TASK REQUIREMENTS
Up to and including the line that contains "assert!(rt;", reproduce every line exactly, beginning with the first line below.

RECORDS TO PROCESS
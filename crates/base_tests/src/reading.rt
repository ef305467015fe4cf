//! Tests reading: texts whole, in pieces, cut short, and from an interrupted reader.
ghost use Rattle.std.specs.Prelude.{◌≤◌, ◌<◌};

use crate::texts::{LENIENT, LENIENT_CELLS, expect_cells, grid_of, have_heights};
use ascii_grid::{
    Counted, Grid, GridFault, GridReader, Height, InputFault, Key, read_grid, read_text,
};
use std::alloc::Global;
use std::io;
use std::io::Read;
use std::process::Abort;

/// A header of 2 columns and 1 row, with the lower left corner at 0 0.
const HEADER: &[u8] = b"ncols 2 nrows 1 xllcorner 0 yllcorner 0 cellsize 1";

/// Reads `text` in pieces of `piece` bytes, with an empty piece before each and at the end.
fn read_in_pieces(alloc: Global, scale: u8, text: &[u8], piece: usize) -> Result<Grid, GridFault>
    requires scale { scale ≤ 6 }
    requires piece { 0 < piece }
{
    let mut reader = GridReader::new(alloc, scale);
    for part in text.chunks(piece) {
        reader.feed(b"")?;
        reader.feed(part)?;
    }
    reader.feed(b"")?;
    reader.finish()
}

/// Asserts that `text`, read whole and in pieces, has these cells.
fn spells(rt: &impl Abort, alloc: Global, scale: u8, text: &[u8], cells: &[Option<Height>])
    requires { scale ≤ 6 }
{
    grid_of(rt, alloc, scale, text, cells);
    for piece in [1, 2, 3, 7] {
        let grid = read_in_pieces(alloc, scale, text, piece).expect(rt, "its pieces are a grid");
        let found = grid.cells();
        assert!(rt;
            have_heights(found, cells),
            "{found:?} and {cells:?} in pieces of {piece}"
        );
    }
}

/// Asserts that `text`, read whole and in pieces, is refused with this fault.
fn refuses(rt: &impl Abort, alloc: Global, text: &[u8], fault: GridFault) {
    assert_eq!(rt; read_text(alloc, 0, text).err(), Some(fault));
    for piece in [1, 2, 3, 7] {
        let answer = read_in_pieces(alloc, 0, text, piece);
        assert_eq!(rt; answer.err(), Some(fault), "in pieces of {piece}");
    }
}

fn after_header(rt: &impl Abort, alloc: Global, rest: &[u8]) -> Vec<u8> {
    let mut text = Vec::from_slice(alloc, HEADER).expect(rt, "memory");
    text.extend_from_slice(rest).expect(rt, "memory");
    text
}

fn spells_after_header(rt: &impl Abort, alloc: Global, rest: &[u8], cells: &[Option<Height>]) {
    spells(rt, alloc, 0, &after_header(rt, alloc, rest), cells);
}

fn refuses_after_header(rt: &impl Abort, alloc: Global, rest: &[u8], fault: GridFault) {
    refuses(rt, alloc, &after_header(rt, alloc, rest), fault);
}

#[test]
fn lenient_text(rt: HostRuntime) {
    spells(&rt, rt.alloc(), 2, LENIENT, &LENIENT_CELLS);
    let grid = grid_of(&rt, rt.alloc(), 2, LENIENT, &LENIENT_CELLS);
    assert_eq!(rt; (grid.cols(), grid.rows(), grid.scale()), (2, 2, 2));
}

/// Words after [`HEADER`] and the cells that they spell.
const HEIGHTS: [(&[u8], [Option<Height>; 2]); 10] = [
    (b" 3 4", [Some(3), Some(4)]),
    (b" 3 1000000001", [Some(3), Some(1_000_000_001)]),
    (b" 3 -1000000000", [Some(3), Some(-1_000_000_000)]),
    (
        b" 3 -1000000000000000",
        [Some(3), Some(-1_000_000_000_000_000)],
    ),
    (
        b" 1000000000000000 -1000000000000000",
        [Some(1_000_000_000_000_000), Some(-1_000_000_000_000_000)],
    ),
    (b" +3. 4.000", [Some(3), Some(4)]),
    (b" .0 -0.", [Some(0), Some(0)]),
    (b" 0000000012\t-0000000003\n", [Some(12), Some(-3)]),
    (
        b" 00000000000000000012\t-00000000000000000003\n",
        [Some(12), Some(-3)],
    ),
    (
        b" 999999999999999 -999999999999999\n",
        [Some(999_999_999_999_999), Some(-999_999_999_999_999)],
    ),
];

#[test]
fn heights(rt: HostRuntime) {
    for (words, cells) in HEIGHTS {
        spells_after_header(&rt, rt.alloc(), words, &cells);
    }
    let zeros =
        b"ncols 0000000000000000000000000000000000000000000000000000000000000002 nrows 1 xllcorner 0 yllcorner 0 cellsize 1 3 4";
    spells(&rt, rt.alloc(), 0, zeros, &[Some(3), Some(4)]);
}

#[test]
fn heights_of_six_decimals(rt: HostRuntime) {
    for (words, cells) in [
        (
            b" 1000000000 -999999999.5".as_slice(),
            [Some(1_000_000_000_000_000), Some(-999_999_999_500_000)],
        ),
        (
            b" -1000000000.000000 999999999 ".as_slice(),
            [Some(-1_000_000_000_000_000), Some(999_999_999_000_000)],
        ),
    ] {
        spells(
            &rt,
            rt.alloc(),
            6,
            &after_header(&rt, rt.alloc(), words),
            &cells,
        );
    }
}

const GAPS: [(&[u8], [Option<Height>; 2]); 7] = [
    (b" 3 -9999.0", [Some(3), None]),
    (b" NODATA_value 0 3 -0", [Some(3), None]),
    (b" NODATA_value -9999.5 3 -9999.5", [Some(3), None]),
    // NODATA below all heights, the greatest scaled value, and a word that has no scaled value.
    (
        b" NODATA_value -9999999999999999 3 -9999999999999999 ",
        [Some(3), None],
    ),
    (
        b" NODATA_value 1000000000000000000 3 1000000000000000000.0",
        [Some(3), None],
    ),
    (b" NODATA_value 1e99 3 1e99", [Some(3), None]),
    // A NODATA word with an exponent has no scaled value: only the same bytes are NODATA.
    (
        b" NODATA_value -9.999e3 -9.999e3 -9999",
        [None, Some(-9999)],
    ),
];

#[test]
fn cells_without_data(rt: HostRuntime) {
    for (words, cells) in GAPS {
        spells_after_header(&rt, rt.alloc(), words, &cells);
    }
    let other_case = b" NODATA_value 1e99 3 1E99";
    refuses_after_header(&rt, rt.alloc(), other_case, GridFault::BadHeight(1));
}

/// Words after [`HEADER`] and the cell whose height is bad.
const BAD_HEIGHTS: [(&[u8], u32); 12] = [
    (b" 1e3 4", 0),
    (b" 3 1.5", 1),
    (b" 3 1000000000000001", 1),
    (b" 1234567890123456 4", 0),
    (b" 3 -1234567890123456 ", 1),
    (b" 10000000000000000 4", 0),
    // 2^64 + 3 and 64 digits do not wrap around.
    (b" 3 18446744073709551619", 1),
    (
        b" 3 9999999999999999999999999999999999999999999999999999999999999999",
        1,
    ),
    (b" . 4", 0),
    // Bytes that are neither digits nor separators.
    (b" 3 4\x0b", 1),
    (b" 3\x0b4", 0),
    (b" 3 \xff", 1),
];

#[test]
fn bad_heights(rt: HostRuntime) {
    for (words, cell) in BAD_HEIGHTS {
        refuses_after_header(&rt, rt.alloc(), words, GridFault::BadHeight(cell));
    }
}

#[test]
fn how_many_heights(rt: HostRuntime) {
    for (words, fault) in [
        (b" 3".as_slice(), GridFault::TooFew(1)),
        (b"", GridFault::TooFew(0)),
        (b" 3 4 5", GridFault::TooMany),
    ] {
        refuses_after_header(&rt, rt.alloc(), words, fault);
    }
}

const BAD_KEYS: [(&[u8], GridFault); 11] = [
    (b"", GridFault::MissingKey(Key::Ncols)),
    (
        b"ncols 2 NCOLS 2 nrows 1",
        GridFault::RepeatedKey(Key::Ncols),
    ),
    (b"xllcorner 0 xllcenter 0", GridFault::RepeatedKey(Key::Xll)),
    (
        b"ncols 2 nrows 1 xllcorner 0 yllcorner 0 3 4",
        GridFault::MissingKey(Key::Cellsize),
    ),
    (b"bogus 2 ncols 0", GridFault::UnknownKey),
    (b"dx 1", GridFault::UnknownKey),
    (b"ncols 2 nrows", GridFault::NoValue(Key::Nrows)),
    // A byte order mark does not begin with a letter, so it is no key.
    (b"\xef\xbb\xbfncols 2", GridFault::MissingKey(Key::Ncols)),
    // An accented letter of two bytes begins no key.
    (b"ncols 2 \xc3\xa9 1", GridFault::MissingKey(Key::Nrows)),
    (b"ncols\x002", GridFault::UnknownKey),
    (b"ncols\x0c2", GridFault::UnknownKey),
];

#[test]
fn bad_keys(rt: HostRuntime) {
    for (text, fault) in BAD_KEYS {
        refuses(&rt, rt.alloc(), text, fault);
    }
}

const BAD_VALUES: [(&[u8], GridFault); 8] = [
    (b"ncols 4097", GridFault::BadSize(Key::Ncols)),
    (b"ncols 0 nrows 1 bogus 2", GridFault::BadSize(Key::Ncols)),
    (b"ncols ncols", GridFault::BadSize(Key::Ncols)),
    (
        b"nrows 18446744073709551617",
        GridFault::BadSize(Key::Nrows),
    ),
    (b"cellsize -1", GridFault::BadPlace(Key::Cellsize)),
    (b"cellsize 0.0e5", GridFault::BadPlace(Key::Cellsize)),
    (b"xllcorner 1,5", GridFault::BadPlace(Key::Xll)),
    (b"yllcenter 1e", GridFault::BadPlace(Key::Yll)),
];

#[test]
fn bad_values(rt: HostRuntime) {
    for (text, fault) in BAD_VALUES {
        refuses(&rt, rt.alloc(), text, fault);
    }
    let bad_nodata = b" NODATA_value none 3 4";
    refuses_after_header(&rt, rt.alloc(), bad_nodata, GridFault::BadNodata);
    let tiny = b"ncols 1 nrows 1 xllcorner 0 yllcorner 0 cellsize 0.0001E-99 5";
    spells(&rt, rt.alloc(), 0, tiny, &[Some(5)]);
}

#[test]
fn long_words(rt: HostRuntime) {
    let digits = b"ncols 11111111111111111111111111111111111111111111111111111111111111111";
    refuses(&rt, rt.alloc(), digits, GridFault::TooLong);
    // `TooLong` precedes any other fault of its word, also `TooMany` and `MissingKey`.
    let long = b" 00000000000000000000000000000000000000000000000000000000000000000";
    refuses(&rt, rt.alloc(), long, GridFault::TooLong);
    let mut surplus = after_header(&rt, rt.alloc(), b" 3 4");
    surplus.extend_from_slice(long).expect(&rt, "memory");
    refuses(&rt, rt.alloc(), &surplus, GridFault::TooLong);
}

/// Feeds the next piece, and asserts what the reader returns.
fn expect_feed(
    rt: &impl Abort,
    reader: &mut GridReader,
    piece: &[u8],
    answer: Result<(), GridFault>,
) {
    assert_eq!(rt; reader.feed(piece), answer);
}

#[test]
fn fault_stays(rt: HostRuntime) {
    let fault = GridFault::UnknownKey;
    for piece in [b"".as_slice(), b" ", b"ncols 0 ", HEADER] {
        let mut reader = GridReader::new(rt.alloc(), 0);
        expect_feed(&rt, &mut reader, b"bogus ", Err(fault));
        expect_feed(&rt, &mut reader, piece, Err(fault));
        assert_eq!(rt; reader.finish().err(), Some(fault));
    }
}

#[test]
fn fault_of_a_word_once_it_has_ended(rt: HostRuntime) {
    let mut reader = GridReader::new(rt.alloc(), 0);
    let fault = GridFault::BadSize(Key::Ncols);
    expect_feed(&rt, &mut reader, b"ncols 0", Ok(()));
    expect_feed(&rt, &mut reader, b"\n", Err(fault));
    expect_feed(&rt, &mut reader, HEADER, Err(fault));
    assert_eq!(rt; reader.finish().err(), Some(fault));
}

/// Cuts a text before each of its bytes, and checks the fault of the part before the cut.
#[test]
fn each_front_part(rt: HostRuntime) {
    let text = after_header(&rt, rt.alloc(), b" 3 4");
    for (from, to, fault) in [
        (0, 0, GridFault::MissingKey(Key::Ncols)),
        (1, 4, GridFault::UnknownKey),
        (5, 6, GridFault::NoValue(Key::Ncols)),
        (7, 8, GridFault::MissingKey(Key::Nrows)),
        (9, 12, GridFault::UnknownKey),
        (13, 14, GridFault::NoValue(Key::Nrows)),
        (15, 16, GridFault::MissingKey(Key::Xll)),
        (17, 24, GridFault::UnknownKey),
        (25, 26, GridFault::NoValue(Key::Xll)),
        (27, 28, GridFault::MissingKey(Key::Yll)),
        (29, 36, GridFault::UnknownKey),
        (37, 38, GridFault::NoValue(Key::Yll)),
        (39, 40, GridFault::MissingKey(Key::Cellsize)),
        (41, 47, GridFault::UnknownKey),
        (48, 49, GridFault::NoValue(Key::Cellsize)),
        (50, 51, GridFault::TooFew(0)),
        (52, 53, GridFault::TooFew(1)),
    ] {
        for kept in from..=to {
            let front = text.get(..kept).expect(&rt, "a front part");
            refuses(&rt, rt.alloc(), front, fault);
        }
    }
    assert_eq!(rt; text.len(), 54);
    spells(&rt, rt.alloc(), 0, &text, &[Some(3), Some(4)]);
}

/// A reader of at most 20 bytes a call. One call fails as interrupted; later calls read on.
#[derive(Drop)]
struct Interrupted<'a> {
    left: &'a [u8],
    calls_before: u32,
}

impl Read for Interrupted<'_> {
    fn read(&mut self, buffer: &mut [u8]) -> io::Result<usize> {
        let before = self.calls_before;
        self.calls_before = before.wrapping_sub(1);
        if before == 0 {
            return Err(io::Error::from(io::ErrorKind::Interrupted));
        }
        let most = buffer.len().min(20);
        self.left.read(&mut buffer[..most])
    }
}

/// Reads a text of two heights, interrupted after `calls_before` calls.
/// Three calls read bytes; the fourth finds the end of the text.
fn read_until(rt: &impl Abort, alloc: Global, text: &[u8], calls_before: u32) {
    let mut reader = Counted::new(Interrupted {
        left: text,
        calls_before,
    });
    let answer = read_grid(alloc, 0, &mut reader);
    let failures = reader.failures();
    if calls_before < 4 {
        assert_eq!(rt;
            answer.err(),
            Some(InputFault::Read),
            "{calls_before} calls before"
        );
        assert_eq!(rt; failures, 1);
    } else {
        let grid = answer.expect(rt, "the text is a grid");
        expect_cells(rt, grid.cells(), &[Some(3), Some(4)]);
        assert_eq!(rt; failures, 0);
    }
}

#[test]
fn interrupted_read(rt: HostRuntime) {
    let text = after_header(&rt, rt.alloc(), b" 3 4");
    for calls_before in 0..5 {
        read_until(&rt, rt.alloc(), &text, calls_before);
    }
}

PROBLEM SOLUTION
filename crates/base_tests/src/reading.rt
repository ef305467015fe4cf
//! Tests reading: texts whole, in pieces, cut short, and from an interrupted reader.
ghost use Rattle.std.specs.Prelude.{◌≤◌, ◌<◌};

use crate::texts::{LENIENT, LENIENT_CELLS, expect_cells, grid_of, have_heights};
use ascii_grid::{
    Counted, Grid, GridFault, GridReader, Height, InputFault, Key, read_grid, read_text,
};
use std::alloc::Global;
use std::io;
use std::io::Read;
use std::process::Abort;

/// A header of 2 columns and 1 row, with the lower left corner at 0 0.
const HEADER: &[u8] = b"ncols 2 nrows 1 xllcorner 0 yllcorner 0 cellsize 1";

/// Reads `text` in pieces of `piece` bytes, with an empty piece before each and at the end.
fn read_in_pieces(alloc: Global, scale: u8, text: &[u8], piece: usize) -> Result<Grid, GridFault>
    requires scale { scale ≤ 6 }
    requires piece { 0 < piece }
{
    let mut reader = GridReader::new(alloc, scale);
    for part in text.chunks(piece) {
        reader.feed(b"")?;
        reader.feed(part)?;
    }
    reader.feed(b"")?;
    reader.finish()
}

/// Asserts that `text`, read whole and in pieces, has these cells.
fn spells(rt: &impl Abort, alloc: Global, scale: u8, text: &[u8], cells: &[Option<Height>])
    requires { scale ≤ 6 }
{
    grid_of(rt, alloc, scale, text, cells);
    for piece in [1, 2, 3, 7] {
        let grid = read_in_pieces(alloc, scale, text, piece).expect(rt, "its pieces are a grid");
        let found = grid.cells();
        assert!(rt;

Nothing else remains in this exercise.